True brew: Sake bottles at a distillery and restaurant in Takayama

True brew: Sake bottles at a distillery and restaurant in Takayama

On this trip I spent seven weeks in Japan, and while I had some good experiences, I’m not sure I shall return. There were a number of things that disappointed me, though that is probably my own fault for having certain misconceptions about the country.

I first visited in 2002 spending most of my time in Tokyo with friends who had lived there for two years and learnt as much as they could about a country still little visited by tourists.

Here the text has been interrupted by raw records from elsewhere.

//! Ops with a `Pop` behind them, made together with it: the value that they would show on the stack is never made. So a
//! text that a variable holds grows in place.

ghost use Rattle.std.specs.Prelude.{◌≡◌, ◌-◌, ◌^◌, ◌<◌, ◌≤◌, ◌++◌, slice_set, Ok, Err, IfErr, IfOk, OnOk};
ghost use Rattle.uq_value.specs.Faults.{TextFault};
ghost use Rattle.uq_value.specs.Number.{number as spec_number};
ghost use Rattle.uq_value.specs.Put.{limited};
ghost use Rattle.uq_value.specs.Size.{most_size, text_size};
ghost use Rattle.uq_value.specs.declared.value.Value.{Value};
ghost use Rattle.uq_json.specs.Text.{text_of as spec_text_of};
ghost use Rattle.jx9_meaning.specs.Operators.{operate as spec_operate};
ghost use Rattle.jx9_vm.specs.Moves.{after_step, Appends, Changes, ChangesBy, Counts, IsKept, IsTaken, Skips, Unmade, Unshown};
ghost use Rattle.jx9_vm.specs.Operating.{value_of};
ghost use Rattle.jx9_vm.specs.Work.{slot_of, stack_of, top_of};

use crate::ending::Ending;
use crate::joining::extended;
use crate::operators::{Plain, step_from};
use crate::stop::StopCause;
use crate::work::{Flow, Work};
use jx9_meaning::FaultKind;
use jx9_syntax::{Binary, Change, Step};
use std::alloc::Global;
use uq_value::{Text, Value, ValueFault, is_value, size};

impl Work {
    /// `++` or `--` on what a slot holds.
    #[inline(always)]
    pub(crate) fn count_unshown(&mut self, slot: u32, step: Step, line: u32) -> Flow
        requires { self.old.place < 2 ^ 64 - 2 }
        ensures { Unshown (Counts line slot step (spec_number (slot_of self.old slot))) result self.old self.new }
    {
        match self.stepped(slot, step) {
            Ok(new) => self.keep_plain(slot, new),
            Err(kind) => Flow::Ends(Ending::Fault { kind, line }),
        }
    }

    /// What `++` or `--` makes of what a slot holds.
    #[inline(always)]
    fn stepped(&self, slot: u32, step: Step) -> Result<Plain, FaultKind>
        ensures ok { IfOk result (λ new. Ok (value_of new) ≡ after_step step (spec_number (slot_of self.now slot))) }
        ensures fault { IfErr result (λ kind. Err kind ≡ after_step step (spec_number (slot_of self.now slot))) }
    {
        match self.slot_number(slot) {
            Some(old) => match step_from(step, old) {
                Ok(new) => Ok(Plain::Number(new)),
                Err(kind) => Err(kind),
            },
            None => Err(FaultKind::NotNumber),
        }
    }

    /// `op=` on what a slot holds, with the top as its right side.
    #[inline(never)]
    pub(crate) fn change_unshown(
        &mut self,
        alloc: Global,
        slot: u32,
        how: Change,
        line: u32,
    ) -> Result<Flow, StopCause>
        requires { self.old.place < 2 ^ 64 - 2 }
        ensures ok { IfOk result (λ flow. Unshown (Changes line slot how) flow self.old self.new) }
        ensures stopped { IfErr result (Unmade self.old self.new) }
    {
        match how {
            Change::By(operator) => Ok(self.change_by_unshown(slot, operator, line)),
            Change::Join => self.append_unshown(alloc, slot, line),
        }
    }

    /// Writes what an operator gives on what a slot holds and the top.
    fn change_by_unshown(&mut self, slot: u32, operator: Binary, line: u32) -> Flow
        requires { self.old.place < 2 ^ 64 - 2 }
        ensures { Unshown (ChangesBy line slot (spec_operate operator (slot_of self.old slot) (top_of self.old))) result self.old self.new }
    {
        let right = self.pop();
        match self.changed(slot, operator, &right) {
            Ok(value) => self.keep(slot, value),
            Err(kind) => Flow::Ends(Ending::Fault { kind, line }),
        }
    }

    /// Writes the text of what a slot holds with that of the top behind it.
    fn append_unshown(&mut self, alloc: Global, slot: u32, line: u32) -> Result<Flow, StopCause>
        requires { self.old.place < 2 ^ 64 - 2 }
        ensures ok { IfOk result (λ flow. Unshown (Appends line slot (Value.Text (spec_text_of (slot_of self.old slot) ++ spec_text_of (top_of self.old))))
            flow self.old self.new) }
        ensures stopped { IfErr result (Unmade self.old self.new) }
    {
        match self.take_joined(alloc, slot) {
            Ok(text) => Ok(self.keep_sized(slot, Value::Text(text))),
            Err(fault) => match fault {
                ValueFault::Memory => Err(StopCause::Memory),
                _ => Ok(Flow::Ends(Ending::Fault {
                    kind: FaultKind::TooLarge,
                    line,
                })),
            },
        }
    }

    /// Takes the top off the stack and a value out of its slot: the text of that value with the top's behind it.
    fn take_joined(&mut self, alloc: Global, slot: u32) -> Result<Text, ValueFault>
        ensures taken { IsTaken slot self.old self.new }
        ensures ok { IfOk result (λ t. t ≡ spec_text_of (slot_of self.old slot) ++ spec_text_of (top_of self.old)) }
        ensures fits { OnOk result (text_size (spec_text_of (slot_of self.old slot) ++ spec_text_of (top_of self.old)) ≤ most_size) }
        ensures fault { IfErr result (TextFault (spec_text_of (slot_of self.old slot) ++ spec_text_of (top_of self.old))) }
    {
        let right = self.pop();
        let left = self.slots.take(slot as usize);
        extended(alloc, left, &right)
    }

    /// Puts a value into a slot that takes a unit for each 256 bytes of its size, and goes on behind the next op.
    fn keep_sized(&mut self, slot: u32, value: Value) -> Flow
        requires { self.old.place < 2 ^ 64 - 2 }
        ensures { IsKept slot value result self.old self.new }
    {
        let taken = size(&value) / 256;
        if self.units < taken {
            return Flow::Ends(Ending::Spent);
        }
        self.units -= taken;
        self.keep(slot, value)
    }

    /// Puts a value into a slot, and goes on behind the next op. Every value is within the limits of a value.
    fn keep(&mut self, slot: u32, value: Value) -> Flow
        requires { self.old.place < 2 ^ 64 - 2 }
        ensures fits { limited value ≡ Ok value }
        ensures skips { Skips result self.old.units (stack_of self.old) (slice_set self.old.slots.here slot value) self.old self.new }
    {
        is_value(&value);
        self.slots.set(slot as usize, value);
        self.place += 2;
        Flow::Next
    }

    /// Puts a number or a truth value into a slot, and goes on behind the next op.
    #[inline(always)]
    fn keep_plain(&mut self, slot: u32, plain: Plain) -> Flow
        requires { self.old.place < 2 ^ 64 - 2 }
        ensures { Skips result self.old.units (stack_of self.old) (slice_set self.old.slots.here slot (value_of plain)) self.old self.new }
    {
        self.slots.set_plain(slot as usize, plain);
        self.place += 2;
        Flow::Next
    }
}
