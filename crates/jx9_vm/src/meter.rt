//! How much scripts have taken.

ghost use Rattle.std.specs.Prelude.{◌≡◌, ◌+◌, ◌-◌, ◌^◌, min};

use std::marker::Model;

/// The units that scripts have taken, from 0 up to 2^128 - 1, where it stands. Only `exec` raises it.
#[derive(Drop)]
pub struct Meter {
    units: u128,
}

impl Model for Meter {
    ghost use Rattle.std.specs.Prelude.{ℕ};

    ghost Value = { ℕ };

    ghost view = { λ m. m.units };
}

impl Meter {
    /// No units yet.
    pub fn new() -> Meter
        ensures { result ≡ 0 }
    {
        Meter { units: 0 }
    }

    /// The units so far.
    pub fn units(&self) -> u128
        ensures { result ≡ self.now }
    {
        self.units
    }

    /// Counts so many units more.
    pub(crate) fn raise(&mut self, by: u64)
        ensures { self.new ≡ min (self.old + by) (2 ^ 128 - 1) }
    {
        self.units = self.units.saturating_add(u128::from(by));
    }
}
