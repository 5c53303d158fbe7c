//! Why a program is not proved.

use linear_solver::Answer;
use xan_lin::Form;

/// Why a program is not proved.
#[derive(Drop)]
pub enum GoalError {
    /// The first goal that the elimination does not prove.
    Goal {
        /// How many goals stand before it.
        number: u32,
        /// The offset in the source at which it is reported.
        at: u32,
        /// The row that was to be proved.
        row: Form,
        /// `Unproved`, or the limit that was met.
        answer: Answer,
    },
    /// Memory ran out.
    Memory,
}
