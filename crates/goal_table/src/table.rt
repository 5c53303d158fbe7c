//! The walk over the goals.

ghost use Rattle.std.specs.Prelude.{◌≡◌, ◌+◌, ◌≤◌, length, IfOk};
ghost use Rattle.goal_table.specs.Unproved.{answer_to};
ghost use Rattle.goal_table.specs.Answers.{Decides, Proves, FindsFirst, AreShort, MeansLines, Tells};

use crate::error::GoalError;
use linear_solver::{Answer, LineBuf, refute};
use proof_lines::Line;
use std::alloc::Global;
use typed_core::{Elaborated, GoalAt, Proved};
use xan_pool::RowPool;
use xan_seq::Seq;

/// What the elimination answers to a goal, from the rows of its context. It takes no memory; the pool's rows are as before.
pub fn answer(goal: &GoalAt, pool: &mut RowPool, buf: &mut LineBuf) -> Answer
    requires width { pool.old.width ≡ 65 }
    requires room { length pool.old.rows + 4001 ≤ pool.old.capacity }
    ensures answer { result ≡ answer_to goal.now }
    ensures unchanged { pool.new ≡ pool.old }
{
    refute(pool, &goal.ctx, &goal.row, buf)
}

/// The program with the lines of its goals, if the elimination proves each of them; else the first goal that it does not prove. Each list has
/// at most 257,026 lines. The pool's rows are as before.
pub fn prove_all(
    alloc: Global,
    base: Elaborated,
    pool: &mut RowPool,
    buf: &mut LineBuf,
) -> Result<Proved, GoalError>
    requires width { pool.old.width ≡ 65 }
    requires room { length pool.old.rows + 4001 ≤ pool.old.capacity }
    ensures exact { Decides base result }
    ensures short { IfOk result (λ proved. AreShort proved.lines) }
    ensures unchanged { pool.new ≡ pool.old }
{
    let lines = prove_goals(alloc, base.goals(), pool, buf)?;
    Ok(Proved::new(base, lines))
}

// The lines of each goal, or the first goal that is not proved.
fn prove_goals(
    alloc: Global,
    goals: &[GoalAt],
    pool: &mut RowPool,
    buf: &mut LineBuf,
) -> Result<Seq<Seq<Line>>, GoalError>
    requires width { pool.old.width ≡ 65 }
    requires room { length pool.old.rows + 4001 ≤ pool.old.capacity }
    ensures exact { FindsFirst goals.now result }
    ensures unchanged { pool.new ≡ pool.old }
{
    let mut proved = Vec::new(alloc);
    'goals: for (number, goal) in goals.iter().enumerate() {
        let lines = prove_goal(alloc, number, goal, pool, buf)?;
        let Ok(()) = proved.push(lines) else {
            return Err(GoalError::Memory);
        };
    }
    Ok(Seq::from_vec(proved))
}

// The lines of one goal, before which so many stand.
fn prove_goal(
    alloc: Global,
    number: usize,
    goal: &GoalAt,
    pool: &mut RowPool,
    buf: &mut LineBuf,
) -> Result<Seq<Line>, GoalError>
    requires width { pool.old.width ≡ 65 }
    requires room { length pool.old.rows + 4001 ≤ pool.old.capacity }
    ensures exact { Proves number goal.now result }
    ensures unchanged { pool.new ≡ pool.old }
{
    match refute(pool, &goal.ctx, &goal.row, buf) {
        Answer::Proved => lines_of(alloc, goal, buf),
        other => Err(unproved(number, goal, other)),
    }
}

// The lines that the buffer's steps mean, which prove the goal.
fn lines_of(alloc: Global, goal: &GoalAt, buf: &LineBuf) -> Result<Seq<Line>, GoalError>
    ensures { MeansLines goal.now buf.now result }
{
    // (a buffer never has more steps than it has room for)
    let _few = buf.steps();
    match buf.lines(alloc, &goal.ctx) {
        Ok(lines) => Ok(Seq::from_vec(lines)),
        Err(_) => Err(GoalError::Memory),
    }
}

// What is said of a goal that is not proved. More goals than a number of 32 bits counts have no memory.
fn unproved(number: usize, goal: &GoalAt, answer: Answer) -> GoalError
    ensures { Tells number goal.now answer result }
{
    let Ok(number) = u32::try_from(number) else {
        return GoalError::Memory;
    };
    GoalError::Goal {
        number,
        at: goal.at,
        row: goal.row.copy(),
        answer,
    }
}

What has changed, or what I think has changed, since then
The Japanese have discovered baked goods. When I was first in Tokyo every second shop was a hairdresser dyeing inky Japanese hair a kind of rust colour. Now every second shop is a boulangerie, selling pastries and bread. The Japanese also like cheese now. It’s a good thing they still eat small portions, otherwise they would soon resemble fugu, the round poisonous puffer fish they love to nibble.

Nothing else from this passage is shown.